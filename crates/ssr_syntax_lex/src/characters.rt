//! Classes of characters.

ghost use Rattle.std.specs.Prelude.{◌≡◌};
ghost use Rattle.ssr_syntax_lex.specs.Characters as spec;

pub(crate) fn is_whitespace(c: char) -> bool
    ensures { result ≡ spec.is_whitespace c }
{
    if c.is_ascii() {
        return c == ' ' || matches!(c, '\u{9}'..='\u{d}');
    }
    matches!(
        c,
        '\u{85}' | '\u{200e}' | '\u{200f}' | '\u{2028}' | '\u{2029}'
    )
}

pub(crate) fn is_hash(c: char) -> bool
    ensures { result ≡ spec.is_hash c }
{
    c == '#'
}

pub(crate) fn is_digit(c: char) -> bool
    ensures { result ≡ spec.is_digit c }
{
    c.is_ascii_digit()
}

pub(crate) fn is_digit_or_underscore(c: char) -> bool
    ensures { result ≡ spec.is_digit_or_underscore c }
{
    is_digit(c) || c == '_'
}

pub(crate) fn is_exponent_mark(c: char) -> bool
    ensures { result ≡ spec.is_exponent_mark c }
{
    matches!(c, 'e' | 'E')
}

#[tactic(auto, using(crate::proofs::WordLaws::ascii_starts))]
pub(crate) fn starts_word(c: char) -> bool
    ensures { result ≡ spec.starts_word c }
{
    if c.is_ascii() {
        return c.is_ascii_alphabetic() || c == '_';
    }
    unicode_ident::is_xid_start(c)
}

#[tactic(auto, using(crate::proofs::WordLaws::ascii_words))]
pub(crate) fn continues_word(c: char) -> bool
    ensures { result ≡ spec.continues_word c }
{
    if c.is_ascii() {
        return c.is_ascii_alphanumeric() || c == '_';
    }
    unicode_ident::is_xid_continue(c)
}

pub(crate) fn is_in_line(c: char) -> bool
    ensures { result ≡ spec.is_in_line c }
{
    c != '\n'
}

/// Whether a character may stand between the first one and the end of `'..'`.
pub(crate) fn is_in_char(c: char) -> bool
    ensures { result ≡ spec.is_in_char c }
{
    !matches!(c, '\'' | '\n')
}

Aim of the task -
Copy all lines of the listing above that contain the string "result".

Task output -
    ensures { result ≡ spec.is_whitespace c }
    ensures { result ≡ spec.is_hash c }
    ensures { result ≡ spec.is_digit c }
    ensures { result ≡ spec.is_digit_or_underscore c }
    ensures { result ≡ spec.is_exponent_mark c }
    ensures { result ≡ spec.starts_word c }
    ensures { result ≡ spec.continues_word c }
    ensures { result ≡ spec.is_in_line c }
    ensures { result ≡ spec.is_in_char c }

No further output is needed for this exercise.